Rule: if you don't control file creation, always call chardet.detect() on the first bytes and pass the result to open(). Never trust platform defaults.
🎯 Key Takeaway
Use with open(...) every single time.
Specify encoding='utf-8' explicitly.
Iterate lines, don't call read() on large files.

Writing and Appending — Understanding Why 'w' Mode Is a Trap

Writing to a file sounds simple — and it is, once you understand the critical difference between 'w' (write) and 'a' (append) mode, because confusing them is one of the most common ways to destroy your own data.

Opening a file in 'w' mode does two things: it creates the file if it doesn't exist, and it truncates the file to zero bytes if it does exist — immediately, before you write a single character. That means opening an existing file with 'w' and then crashing before writing anything leaves you with an empty file. The original content is gone.
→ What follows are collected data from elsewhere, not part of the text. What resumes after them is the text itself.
//! Tests of ranges of bits that are copied. The expected values are worked out by hand, or by a
//! loop that tests and sets one bit after another, or, for random rows, by a loop over 24 flags.

ghost use Rattle.std.specs.Prelude.{IsTrue};
ghost use Rattle.bittle.specs.Values.{ShapeFits};

use crate::checks::{Compared, same};
use crate::random::{draw, draw_row, flags_of};
use bittle::prelude::*;
use bittle::{BigEndian, BitsOwned, Endian, LittleEndian, Set};
use bittle_ext::prelude::*;
use std::process::Abort;

// Returns the set after the range `from..to` of another set is copied to index `at`, or unchanged
// if `copy_range` does not allow that.
fn pasted<A: BitsMut, B: Bits>(set: A, other: &B, from: u32, to: u32, at: u32) -> A
    requires fits { ShapeFits A.Shape set }
    requires other_fits { ShapeFits B.Shape other.now }
{
    let mut now = set;
    let capacity = now.bits_capacity();
    if from <= to && at <= capacity && to - from <= capacity - at {
        now.copy_range(other, from, to, at);
    }
    now
}

// Returns the set after its range `from..to` is copied to index `at`, or unchanged if `copy_within`
// does not allow that.
fn moved<A: BitsMut>(set: A, from: u32, to: u32, at: u32) -> A
    requires { ShapeFits A.Shape set }
{
    let mut now = set;
    let capacity = now.bits_capacity();
    if from <= to && at <= capacity && to - from <= capacity - at {
        now.copy_within(from, to, at);
    }
    now
}

// Calls `pasted` on a set in the order `E`.
fn pasted_in<A: BitsOwned, E: Endian, B: Bits>(set: A, other: &B, from: u32, to: u32, at: u32) -> A
    requires indexable { IsTrue A.indexable }
    requires other_fits { ShapeFits B.Shape other.now }
{
    pasted(Set::<A, E>::new_in(set), other, from, to, at).into_bits()
}

// Calls `pasted` on a set in the order `E`, with another set in the order `F`.
fn pasted_in_both<A: BitsOwned, E: Endian, B: BitsOwned, F: Endian>(
    set: A,
    other: B,
    from: u32,
    to: u32,
    at: u32,
) -> A
    requires indexable { IsTrue A.indexable }
    requires other_indexable { IsTrue B.indexable }
{
    pasted_in::<A, E, _>(set, &Set::<B, F>::new_in(other), from, to, at)
}

// Calls `moved` on a set in the order `E`.
fn moved_in<A: BitsOwned, E: Endian>(set: A, from: u32, to: u32, at: u32) -> A
    requires { IsTrue A.indexable }
{
    moved(Set::<A, E>::new_in(set), from, to, at).into_bits()
}

// Checks the set after the range `from..to` of another set is copied to index `at`.
fn pastes<A: BitsMut + Compared, B: Bits>(
    rt: &impl Abort,
    set: A,
    other: &B,
    from: u32,
    to: u32,
    at: u32,
    expected: A,
)
    requires fits { ShapeFits A.Shape set }
    requires other_fits { ShapeFits B.Shape other.now }
{
    same!(*rt; pasted(set, other, from, to, at), expected);
}

#[test]
fn words_of_other_widths(rt: HostRuntime) {
    // Bits 4 to 11 of the word are 1010_0101.
    let word = 0x0A50u16;
    pastes(&rt, [0xFFu8; 2], &word, 4, 12, 6, [0x7F, 0xE9]);
    pastes(&rt, 0u64, &[0x12u8, 0x34, 0x56], 4, 20, 1, 0x6341 << 1);
    pastes(&rt, u128::MAX, &0u8, 0, 8, 120, u128::MAX >> 8);
    pastes(&rt, -1i8, &word, 7, 7, 3, -1);
}

#[test]
fn past_the_end_of_the_other_set(rt: HostRuntime) {
    // Bits 6 and 7 of the other set are set. Its capacity is 8, so it has no bits from 8 on.
    pastes(&rt, [0xFFu8; 2], &0xFFu8, 6, 12, 2, [0x0F, 0xFF]);
    pastes(&rt, 0xFFu8, &0xFFu8, u32::MAX - 4, u32::MAX, 1, 0b1110_0001);
}

#[test]
fn other_orders(rt: HostRuntime) {
    // In little-endian order, bits 0 and 3 are set.
    let left = 0b1001_0000u8;
    pastes(&rt, 0u8, &Set::new_le(left), 0, 8, 0, 0b0000_1001);
    let rows = pasted_in_both::<_, LittleEndian, _, LittleEndian>([0u16; 2], left, 0, 4, 14);
    same!(rt; rows, [2, 0x4000]);
    let word = pasted_in::<_, LittleEndian, _>(0u8, &0b0000_0011u8, 1, 3, 4);
    same!(rt; word, 0b0000_1000);
}

// Checks the set after its range `from..to` is copied to index `at`.
fn moves<A: BitsMut + Compared>(rt: &impl Abort, set: A, from: u32, to: u32, at: u32, expected: A)
    requires { ShapeFits A.Shape set }
{
    same!(*rt; moved(set, from, to, at), expected);
}

#[test]
fn ranges_that_overlap(rt: HostRuntime) {
    moves(&rt, [0x35u8, 0x00], 0, 8, 4, [0x55, 0x03]);
    moves(&rt, [0x53u8, 0x04], 4, 12, 0, [0x45, 0x04]);
    moves(&rt, [0x81u8, 0x7E, 0x18], 0, 16, 8, [0x81, 0x81, 0x7E]);
    moves(&rt, [0x81u8, 0x7E, 0x18], 8, 24, 0, [0x7E, 0x18, 0x18]);
    same!(rt; moved_in::<_, LittleEndian>([0x80u8, 0x01], 0, 15, 1), [0xC0, 0]);
}

// Returns the set after the range `from..to` of another set is copied to index `at`, bit by bit.
fn by_bits<A: BitsOwned, B: Bits, E: Endian, F: Endian>(
    set: &A,
    other: &B,
    from: u32,
    to: u32,
    at: u32,
) -> A
    requires indexable { IsTrue A.indexable }
    requires other_fits { ShapeFits B.Shape other.now }
{
    let mut made = *set;
    for index in from..to {
        let place = at.saturating_add(index - from);
        if index < other.bits_capacity() && other.test_bit_in::<F>(index) {
            made.set_bit_in::<E>(place);
        } else {
            made.clear_bit_in::<E>(place);
        }
    }
    made
}

// Compares `copy_range` and `copy_within` with the loop of `by_bits`, for one range.
fn agree_at<A: BitsOwned, B: BitsOwned, E: Endian, F: Endian>(
    rt: &impl Abort,
    set: A,
    other: B,
    from: u32,
    to: u32,
    at: u32,
)
    requires indexable { IsTrue A.indexable }
    requires other_indexable { IsTrue B.indexable }
{
    let all = A::bits();
    if from <= to && at <= all && to - from <= all - at {
        let made = pasted_in_both::<A, E, B, F>(set, other, from, to, at);
        let looped = by_bits::<A, B, E, F>(&set, &other, from, to, at);
        crate::checks::ask(rt, "from another set", made == looped);
        let within = moved_in::<A, E>(set, from, to, at);
        let looped = by_bits::<A, A, E, E>(&set, &set, from, to, at);
        crate::checks::ask(rt, "within the set", within == looped);
    }
}

// Does the same as `agree_at` for ranges near the ends of words and of the set, in each pair of bit
// orders.
fn agree<A: BitsOwned, B: BitsOwned>(rt: &impl Abort, width: u32, set: A, other: B)
    requires indexable { IsTrue A.indexable }
    requires other_indexable { IsTrue B.indexable }
{
    for from in [0, 1, width.wrapping_sub(1), width] {
        for to in [
            from,
            from.wrapping_add(7),
            from.wrapping_add(width),
            A::bits(),
        ] {
            for at in [0, 1, 3, width, A::bits().wrapping_sub(7)] {
                agree_at::<A, B, BigEndian, BigEndian>(rt, set, other, from, to, at);
                agree_at::<A, B, LittleEndian, LittleEndian>(rt, set, other, from, to, at);
                agree_at::<A, B, BigEndian, LittleEndian>(rt, set, other, from, to, at);
                agree_at::<A, B, LittleEndian, BigEndian>(rt, set, other, from, to, at);
            }
        }
    }
}

#[test]
fn words_agree_with_a_loop(rt: HostRuntime) {
    agree(&rt, 8, 0b1001_0110u8, -0x5A93i16);
}

#[test]
fn rows_agree_with_a_loop(rt: HostRuntime) {
    agree(&rt, 8, [0xC5u8, 0x3A, 0x91], [0x8000_0003u32, 0xF0F0_1235]);
    agree(
        &rt,
        64,
        [0x8000_0000_0000_0003u64, 0xF0F0_1234_5678_9ABD],
        [0x53u8, 0xA6, 0x19],
    );
}

#[test]
fn capacity_0(rt: HostRuntime) {
    let none: [u32; 0] = [];
    pastes(&rt, 0xFFu8, &none, 0, 3, 2, 0b1110_0011);
    pastes(&rt, none, &1u8, 4, 4, 0, none);
    moves(&rt, none, 9, 9, 0, none);
}

// Returns our flags after the range `from..to` of their flags is copied to index `at`.
fn with_flags_copied(
    ours: &[bool; 24],
    theirs: &[bool; 24],
    from: u32,
    to: u32,
    at: u32,
) -> [bool; 24] {
    let mut flags = *ours;
    for source in 0..24u32 {
        let place = at.saturating_add(source).saturating_sub(from);
        if from <= source && source < to && place < 24 {
            flags[place as usize] = theirs[source as usize];
        }
    }
    flags
}

#[test]
fn drawn_copies_agree_with_plain_loops(rt: HostRuntime) {
    let mut state = 23;
    for _ in 0..1000 {
        let (row, other) = (draw_row(&mut state), draw_row(&mut state));
        let (from, at) = (draw(&mut state) % 25, draw(&mut state) % 25);
        let count = draw(&mut state) % (25 - from.max(at));
        let (ours, theirs) = (flags_of(&row), flags_of(&other));
        let to = from.saturating_add(count);
        let copied = with_flags_copied(&ours, &theirs, from, to, at);
        same!(rt; flags_of(&pasted(row, &other, from, to, at)), copied);
        let within = with_flags_copied(&ours, &ours, from, to, at);
        same!(rt; flags_of(&moved(row, from, to, at)), within);
    }
}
Append mode ('a') is safer for ongoing data: the file is created if absent, but if it exists, the write cursor starts at the very end. Existing content is untouched. This is exactly what you want for log files, audit trails, or any data you're accumulating over time.

For writing structured data — think generating a report or saving configuration — 'w' is correct because you intentionally want a fresh file each run. For recording events as they happen over time, 'a' is correct. Choosing wrong corrupts data silently, which is why understanding the WHY matters more than memorising the letters.

write() takes a single string. Unlike print(), it does not add a newline automatically — you must include ' ' yourself. writelines() accepts a list of strings and also skips automatic newlines, so each string in your list must already end with ' ' if you want line breaks.

user_activity_logger.py · PYTHON
123456789101112131415161718192021222324252627282930313233343536373839404142434445464748495051525354
import datetime

activity_log_path = "user_activity.log"

def log_activity(username: str, action: str) -> None:
    """Append a timestamped activity record to the log file.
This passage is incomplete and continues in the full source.